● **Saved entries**
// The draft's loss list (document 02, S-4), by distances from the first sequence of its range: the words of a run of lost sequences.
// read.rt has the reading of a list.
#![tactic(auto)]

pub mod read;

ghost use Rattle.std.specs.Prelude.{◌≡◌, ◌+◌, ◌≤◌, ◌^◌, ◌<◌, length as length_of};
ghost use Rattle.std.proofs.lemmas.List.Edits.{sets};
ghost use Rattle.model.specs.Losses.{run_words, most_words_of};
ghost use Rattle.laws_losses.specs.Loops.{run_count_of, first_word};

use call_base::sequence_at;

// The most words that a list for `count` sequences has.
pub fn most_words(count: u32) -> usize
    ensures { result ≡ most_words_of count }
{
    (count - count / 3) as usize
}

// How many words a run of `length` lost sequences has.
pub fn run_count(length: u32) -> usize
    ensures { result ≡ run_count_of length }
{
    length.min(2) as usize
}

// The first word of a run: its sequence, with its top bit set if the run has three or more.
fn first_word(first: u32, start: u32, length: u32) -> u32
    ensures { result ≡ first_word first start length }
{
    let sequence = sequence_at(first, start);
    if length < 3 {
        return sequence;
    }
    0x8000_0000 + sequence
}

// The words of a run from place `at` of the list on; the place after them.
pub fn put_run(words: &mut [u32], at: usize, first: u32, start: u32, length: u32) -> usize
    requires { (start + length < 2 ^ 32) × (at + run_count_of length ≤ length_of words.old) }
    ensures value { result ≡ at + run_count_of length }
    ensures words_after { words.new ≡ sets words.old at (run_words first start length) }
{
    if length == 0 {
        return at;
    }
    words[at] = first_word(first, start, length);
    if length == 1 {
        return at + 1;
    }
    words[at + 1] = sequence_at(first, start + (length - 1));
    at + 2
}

● **Exercise brief**
Set out the records again, exactly as they appear above.

● **Your solution**
// The draft's loss list (document 02, S-4), by distances from the first sequence of its range: the words of a run of lost sequences.
// read.rt has the reading of a list.
#![tactic(auto)]

pub mod read;

ghost use Rattle.std.specs.Prelude.{◌≡◌, ◌+◌, ◌≤◌, ◌^◌, ◌<◌, length as length_of};
ghost use Rattle.std.proofs.lemmas.List.Edits.{sets};
ghost use Rattle.model.specs.Losses.{run_words, most_words_of};
ghost use Rattle.laws_losses.specs.Loops.{run_count_of, first_word};

use call_base::sequence_at;

// The most words that a list for `count` sequences has.
pub fn most_words(count: u32) -> usize
    ensures { result ≡ most_words_of count }
{
    (count - count / 3) as usize
}

// How many words a run of `length` lost sequences has.
pub fn run_count(length: u32) -> usize
    ensures { result ≡ run_count_of length }
{
    length.min(2) as usize
}

// The first word of a run: its sequence, with its top bit set if the run has three or more.
fn first_word(first: u32, start: u32, length: u32) -> u32
    ensures { result ≡ first_word first start length }
{
    let sequence = sequence_at(first, start);
    if length < 3 {
        return sequence;
    }
    0x8000_0000 + sequence
}

// The words of a run from place `at` of the list on; the place after them.
pub fn put_run(words: &mut [u32], at: usize, first: u32, start: u32, length: u32) -> usize
    requires { (start + length < 2 ^ 32) × (at + run_count_of length ≤ length_of words.old) }
    ensures value { result ≡ at + run_count_of length }
    ensures words_after { words.new ≡ sets words.old at (run_words first start length) }
{
    if length == 0 {
        return at;
    }
    words[at] = first_word(first, start, length);
    if length == 1 {
        return at + 1;
    }
    words[at + 1] = sequence_at(first, start + (length - 1));
    at + 2
}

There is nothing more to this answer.